### DIRECTIONS FOR THIS TASK
Check the listing below line by line and report how many lines hold "that", with no other words.

### RECORDS FOR THIS EXERCISE
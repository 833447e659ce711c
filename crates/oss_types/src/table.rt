//! Tables of names.
ghost use Rattle.std.specs.Prelude.{◌≡◌, ◌∷◌, ◌++◌, ◌<◌, ℕ, List, [], length, IfSome, OnErr, OnOk};
ghost use Rattle.oss_types.specs.Tables.{HasFirstPlaces, place_among};

use indexmap::IndexMap;
use std::alloc::{AllocError, Global};
use std::marker::Model;

/// Names, each with its first place among them: contracts see their list, in which a name may stand more than once.
pub struct NameTable<'p> {
    names: Vec<&'p [u8]>,
    places: IndexMap<&'p [u8], usize>,
}

// By hand, so that who lets one go calls this, and does not take it apart at each exit.
impl<'p> Drop for NameTable<'p> {
    fn drop(self) {
        let NameTable { names, places } = self;
        drop(names);
        drop(places);
    }
}

impl<'p> Model for NameTable<'p> {
    ghost use Rattle.std.specs.Prelude.{ℕ, List, map};
    ghost use Rattle.oss_types.specs.Tables.{HasFirstPlaces};

    ghost Value = { List (List ℕ) };

    ghost view = { λ t. map (λ name. name.now) t.names.items };

    ghost invariant = { λ t. HasFirstPlaces t.places (map (λ name. name.now) t.names.items) };
}

impl<'p> NameTable<'p> {
    /// No names, which takes no memory.
    pub fn new(alloc: Global) -> NameTable<'p>
        ensures { result ≡ [] }
    {
        NameTable {
            names: Vec::new(alloc),
            places: IndexMap::new(alloc),
        }
    }

    /// Adds a name behind the others. Where memory is wanting the table stays.
    pub fn add(&mut self, name: &'p [u8]) -> Result<(), AllocError>
        ensures added { OnOk result (self.new ≡ self.old ++ name.now ∷ []) }
        ensures stays { OnErr result (self.new ≡ self.old) }
    {
        let place = self.names.len();
        self.names.reserve(1)?;
        note(&mut self.places, name, place)?;
        self.names.push(name)?;
        Ok(())
    }

    /// The place of the first of the names that is this one; `None` where none is.
    pub fn place(&self, name: &[u8]) -> Option<usize>
        ensures first { result ≡ place_among self.now name.now }
        ensures within { IfSome result (λ place. place < length self.now) }
    {
        self.places.get(name).copied()
    }
}

/// Notes the place of a name, which is the number of the names before it. The first place of a name stays, and
/// so does all where memory is wanting.
fn note<'p>(
    places: &mut IndexMap<&'p [u8], usize>,
    name: &'p [u8],
    place: usize,
) -> Result<(), AllocError>
    ensures noted { OnOk result ((names : List (List ℕ)) → HasFirstPlaces places.old names →
        length names ≡ place → HasFirstPlaces places.new (names ++ name.now ∷ [])) }
    ensures stays { OnErr result ((names : List (List ℕ)) → HasFirstPlaces places.old names →
        HasFirstPlaces places.new names) }
{
    if !places.contains_key(name) {
        places.insert(name, place)?;
    }
    Ok(())
}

### ANSWER BOX
2